Nye County was one of seven Nevada counties affected when the Nevada Department of Health and Human Services announced the elevated disease transmission criteria for determining whether a county must revert to Phase 1 of the state’s reopening plan for bars.
Gov. Steve Sisolak on Thursday said bars that don’t serve food will be forced to once again close in certain counties, a directive which will go into effect at 11:59 p.m. Friday, July 10.
“Congregating at bars poses a significant risk and is one of the most dangerous things we can do right now,” Sisolak said. “Across the country we have seen far too many instances where hospital capacities are fine one day, and then are overwhelmed the next with increased COVID-19 patients. We do not want that to happen here.”
When DHHS on Friday announced the elevated disease transmission criteria for determining whether a county must revert to Phase 1 for bars, it was announced that counties that met two of the three criteria would be considered “Elevated Disease Transmission” counties, subject to the restrictions as laid out by Sisolak on Thursday.
The criteria measures average number of tests per day, the case rate and the test positivity rate.
The first number is the average number of cases resulted during the previous week in a county, divided by the number of people living in the county. This number is then multiplied by 100,000 to control for varying populations in counties. Counties that average fewer than 150 tests per day will meet this criteria. Nye County’s number is barely half that at 77.5, joining Douglas, Eureka, Humboldt, Lincoln, Lyon, Pershing and Storey counties as meeting the criteria.
The second number is the total number of cases diagnosed as positive and reported over a two-week period divided by the number of people living in the county. This number is then multiplied by 100,000 to control for varying populations in counties. Counties with a case rate higher than 100 will meet this criteria. Nye is more than twice that number at 204.6, joining Clark, Elko, Lander and Washoe counties in meeting that criteria.
The third number is the total number of cases diagnosed as positive averaged over a seven-day period, with a seven-day lag, divided by the number of people living in the county. Counties that have a case rate higher than 25 and a test positivity rate higher than 7% will meet this criteria. Nye is at 18%, higher than all but Humboldt and Lander counties and joining Carson, Clark, Elko, Lyon and Washoe counties in meeting that criteria.
By comparison, Esmeralda, Eureka, Lincoln, Mineral, Pershing and Storey counties were at 0%, White Pine is at 1%, and Churchill is at 2%.
Nye is the only county in the state that meets all three of the criteria, while Clark, Elko, Humboldt, Lander, Lyon and Washoe each meet two and will be subject to the restrictions.

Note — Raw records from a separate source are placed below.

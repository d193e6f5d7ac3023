//! The outside: what the programs read, write, open, dial, accept and draw, each as a trait.
//!
//! A [`Source`] is read once from its start, a [`Sink`] is written at its end, a [`Shelf`] holds
//! bytes by name, as a folder holds files. A [`Link`] is a connection, a [`Dialer`] holds
//! conversations with hosts, and an [`Accepter`] takes connections in. [`Nonces`] gives nonces, and
//! a [`Clock`] the second. Each but the clock counts its faults, and a call answers [`Failed`] only
//! where that count rose in the call. Each may tell its contents: the forms in memory tell all of
//! theirs, the real ones tell nothing, and what the contracts say of contents holds where they are
//! told. What is not told before a call is not told after it, and the other way round; an accepter
//! alone may stop telling which links were given back.
//!
//! | trait | forms here, over another trait or of one value |
//! |---|---|
//! | [`Source`] | [`SlotSource`], an open slot of any shelf |
//! | [`Sink`] | [`SlotSink`], a created slot of any shelf; [`LinkSink`], any link |
//! | [`Link`] | [`DialedLink`], a connected slot of any dialer |
//! | [`Nonces`] | [`OneNonce`] |
//! | [`Clock`] | [`FixedClock`] |
//!
//! [`read_all`] reads a whole source, up to a limit, and [`write_all`] writes a whole text. The
//! forms in memory and the real ones stand in crates of their own, so that a library stands on no
//! form.
#![tactic(auto)]

mod accepter;
mod bytes;
mod clock;
mod count;
mod dialed_link;
mod dialer;
mod failed;
mod leaf;
mod link;
mod link_sink;
mod nonces;
mod one_nonce;
mod reading;
mod shelf;
mod sink;
mod slot_sink;
mod slot_source;
mod small_bytes;
mod source;
mod wanted;
mod writing;

pub use accepter::Accepter;
pub use bytes::Bytes;
pub use clock::{Clock, FixedClock};
pub use count::Count;
pub use dialed_link::DialedLink;
pub use dialer::{DialError, Dialer};
pub use failed::Failed;
pub use leaf::{DigestLength, Leaf};
pub use link::Link;
pub use link_sink::LinkSink;
pub use nonces::Nonces;
pub use one_nonce::OneNonce;
pub use reading::{ReadAllError, read_all};
pub use shelf::{CreateError, OpenError, Shelf, Slot};
pub use sink::Sink;
pub use slot_sink::SlotSink;
pub use slot_source::SlotSource;
pub use small_bytes::MAX_DIGEST;
pub use source::Source;
pub use wanted::Wanted;
pub use writing::write_all;
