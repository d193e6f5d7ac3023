ghost use Rattle.std.specs.Prelude.{◌≡◌};
ghost use Rattle.std.specs.Option.{SomeIff};
ghost use Rattle.ots_outside.specs.SmallBytes.{IsSmall};

use crate::small_bytes::SmallBytes;
use std::marker::Model;

/// A commitment that a calendar is asked for: 1 to 64 bytes.
///
/// Contracts see the list of these bytes.
#[derive(Clone, Copy, Debug)]
pub struct Wanted {
    kept: SmallBytes,
}

impl Model for Wanted {
    ghost use Rattle.std.specs.Prelude.{ℕ, List};

    ghost Value = { List ℕ };

    ghost view = { λ wanted. wanted.kept };

    ghost inverse = { λ bytes. record { kept = bytes } };
}

impl Wanted {
    /// These bytes as a commitment that is asked for: `None` exactly where they are none or more
    /// than 64.
    pub fn new(bytes: &[u8]) -> Option<Wanted>
        ensures { SomeIff result (IsSmall bytes.now) bytes.now }
    {
        match SmallBytes::new(bytes) {
            Some(kept) => Some(Wanted { kept }),
            None => None,
        }
    }

    /// The bytes, 1 to 64 of them.
    pub fn bytes(&self) -> &[u8]
        ensures bytes { result.now ≡ self.now }
        ensures limits { IsSmall self.now }
    {
        self.kept.bytes()
    }
}
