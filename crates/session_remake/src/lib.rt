// What is known of the lines of a state made anew from them without the last one.

#![tactic(auto)]

ghost use Rattle.std.specs.Prelude.{◌≡◌, true, ◌<◌, ◌≤◌, length};
ghost use Rattle.lines.specs.Limits.{max_variables};
ghost use Rattle.lines.specs.Valid.{LinesOk};
ghost use Rattle.session_known.specs.Known.{known_anew_lem};
ghost use Rattle.session_state.specs.State.{session_room_lem, variables_in, count_in, known_in, is_state_lem, with_known};
ghost use Rattle.session_remake.specs.Remade.{remade_known};

use lines::limits::LINE_SIZE;
use lines::list_validity;
use longer_list::MOST_NUMBERS;
use session_known::known_anew;
use session_state::{FRONT_ROOM, copy_lines, read_head, session_room};

// What is known of a list, in place of what the state has.
pub fn put_known(list: &[i32], n: usize, state: &mut [i64])
    requires { (n ≤ max_variables) × LinesOk n list.now × (session_room_lem n ≤ length state.old) }
    ensures { state.new ≡ with_known n state.old (known_anew_lem n list.now (known_in n state.old)) }
{
    let end = session_room(n);
    known_anew(list, n, &mut state[FRONT_ROOM..end]);
}

// What is known of the lines before the last, where these are valid; else the state is left as it is.
pub fn remake_known(state: &mut [i64])
    requires { (is_state_lem state.old ≡ true) × (0 < count_in state.old) }
    ensures { state.new ≡ with_known (variables_in state.old) state.old (remade_known state.old) }
{
    let mut list = [0i32; MOST_NUMBERS];
    copy_lines(state, &mut list);
    let head = read_head(state);
    let end = LINE_SIZE * (head.count - 1);
    let found = list_validity(head.n, &list[..end]);
    match found {
        Ok(()) => put_known(&list[..end], head.n, state),
        Err(_) => {}
    }
}
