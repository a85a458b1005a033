// The answers of a list with one hub, read off its least weights: the model, the bounds, and groups in which each variable
// is its own.

#![tactic(auto)]

ghost use Rattle.std.specs.Prelude.{◌≡◌, ◌++◌, ◌*◌, ◌<◌, ◌≤◌, length, drop};
ghost use Rattle.integers.specs.Sequence.{tabulate};
ghost use Rattle.lines.specs.Limits.{max_variables};
ghost use Rattle.theory_hub.specs.Hub.{hub_model, greatest_at_lem, hub_bound_lem, own_group};
ghost use Rattle.decide_rows.specs.Stored.{stored};
ghost use Rattle.hub_weights.specs.Weights.{weights_in};
ghost use Rattle.hub_answers.specs.Written.{ModelAsked, BoundsAsked};
ghost use Rattle.hub_answers.specs.Answered.{HubAsked, HubAnswered, WeightsAsked, WeightsAnswered};

use decide_bounds_groups::ABSENT_LEAST;
use decide_false_line::first_false;
use decide_model::nearest_value;
use decide_rows::NO_WALK;
use decide_stored_table::sum;
use hub_limits::{all_loose, all_sound, cap_at, hub_limit, reach_at};
use hub_weights::lay_weights;
use lines::limits::LINE_SIZE;
use steps::opposite_of;

// The value of x in the model, where v is the hub's: the hub is variable 0.
fn value_at(weights: &[i64], n: usize, v: i64, x: usize) -> i64
    requires { ModelAsked n weights.now v × (x < n) }
    ensures { result ≡ hub_model n (weights_in n weights.now) x }
{
    if x == 0 {
        return v;
    }
    let up = cap_at(weights, n, v, 2 * x);
    let low = cap_at(weights, n, v, 2 * x + 1);
    nearest_value(up, low)
}

// The values of all n variables.
fn write_hub_model(weights: &[i64], n: usize, v: i64, model: &mut [i32])
    requires { ModelAsked n weights.now v × (n ≤ length model.old) }
    ensures { model.new ≡ tabulate n (hub_model n (weights_in n weights.now)) ++ drop n model.old }
{
    for x in 0..n {
        model[x] = value_at(weights, n, v, x) as i32;
    }
}

// The greatest value of the point p, where the hub's points have the greatest values a and b.
fn greatest_at(weights: &[i64], n: usize, a: i64, b: i64, p: usize) -> i64
    requires { BoundsAsked n weights.now a b × (p < 2 * n) }
    ensures { result ≡ stored (greatest_at_lem n (weights_in n weights.now) p) }
{
    if p == 0 {
        return a;
    }
    if p == 1 {
        return b;
    }
    reach_at(weights, n, a, b, p)
}

// The bound with number i: a variable's least, then its greatest. The point that it bounds is the opposite of i.
fn hub_bound(weights: &[i64], n: usize, a: i64, b: i64, i: usize) -> i64
    requires { BoundsAsked n weights.now a b × (i < 2 * n) }
    ensures { result ≡ hub_bound_lem n (weights_in n weights.now) i }
{
    let greatest = greatest_at(weights, n, a, b, opposite_of(i));
    if i % 2 != 0 {
        return greatest;
    }
    if greatest == NO_WALK {
        return ABSENT_LEAST;
    }
    -greatest
}

// The bounds of all n variables.
fn write_hub_bounds(weights: &[i64], n: usize, a: i64, b: i64, bounds: &mut [i64])
    requires { BoundsAsked n weights.now a b × (2 * n ≤ length bounds.old) }
    ensures { bounds.new ≡ tabulate (2 * n) (hub_bound_lem n (weights_in n weights.now)) ++ drop (2 * n) bounds.old }
{
    let count = 2 * n;
    for i in 0..count {
        bounds[i] = hub_bound(weights, n, a, b, i);
    }
}

// Groups in which each variable is its own, with the sign plus.
fn write_own_groups(n: usize, groups: &mut [u32])
    requires { (n ≤ max_variables) × (2 * n ≤ length groups.old) }
    ensures { groups.new ≡ tabulate (2 * n) own_group ++ drop (2 * n) groups.old }
{
    for x in 0..n {
        groups[2 * x] = x as u32;
        groups[2 * x + 1] = 0;
    }
}

// Answers from the least weights, if the list can hold and each variable but the hub has two values at least where the hub
// has its value in the model.
fn answered_from(
    weights: &[i64],
    n: usize,
    model: &mut [i32],
    bounds: &mut [i64],
    groups: &mut [u32],
) -> bool
    requires { WeightsAsked n weights.now model.old bounds.old groups.old }
    ensures { WeightsAnswered n weights.now model.old bounds.old groups.old model.new bounds.new groups.new result }
{
    if !all_sound(weights, n) {
        return false;
    }
    let a = hub_limit(weights, n, 0);
    let b = hub_limit(weights, n, 1);
    if sum(a, b) < 0 {
        return false;
    }
    let v = nearest_value(a, b);
    if !all_loose(weights, n, v) {
        return false;
    }
    write_hub_model(weights, n, v, model);
    write_hub_bounds(weights, n, a, b, bounds);
    write_own_groups(n, groups);
    true
}

// Answers a list with one hub that can hold, if each other variable has two values at least where the hub has its value in
// the model: writes the model, the bounds and the groups. If not, these stay as they are.
pub fn answered_by_hub(
    list: &[i32],
    n: usize,
    model: &mut [i32],
    bounds: &mut [i64],
    groups: &mut [u32],
    work: &mut [i64],
) -> bool
    requires { HubAsked n list.now model.old bounds.old groups.old work.old }
    ensures { HubAnswered n list.now model.old bounds.old groups.old work.old model.new bounds.new groups.new work.new result }
{
    if n == 0 {
        return false;
    }
    if !lay_weights(list, n, work) {
        return false;
    }
    if first_false(list) < list.len() / LINE_SIZE {
        return false;
    }
    answered_from(work, n, model, bounds, groups)
}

Counties will be reevaluated no earlier than two weeks and must show positive trends in two of the three risk criteria to be allowed to reopen. In addition to reducing their elevated disease transmission risk, counties must also submit a reopening plan that includes mitigation initiatives and compliance plans to the Department of Health and Human Services for approval to reopen. The first seven counties will be reevaluated Friday, July 24.
Additional counties who are deemed an Elevated Transmission Risk County may be added to this list based on the criteria at any time and will be re-evaluated on their own two week schedule.
Under the directive, bars, pubs, taverns, distilleries, breweries and wineries that don’t serve food are closed to the public but may offer curbside pickup or home delivery where allowed by local authorities. Customers cannot congregate while waiting for curbside pickup.
Bars, pubs, taverns, breweries, distilleries and wineries not licensed to serve food and located in a county with an Elevated Disease Transmission shall close and remain closed, including these same establishments located in restricted or nonrestricted gaming establishments. They are permitted to offer curbside delivery and home delivery where permitted by local code or ordinance.
Restaurants and food establishments, bars, pubs, taverns, breweries, distilleries and wineries licensed to serve food in a restaurant-type setting, including those in a restricted or nonrestricted gaming establishment, must close bar tops and bar areas to customers, but bar beverages may be served at tables outside of the bar area for on-site consumption. Customers must only be served via table services and may not order from a bar top area.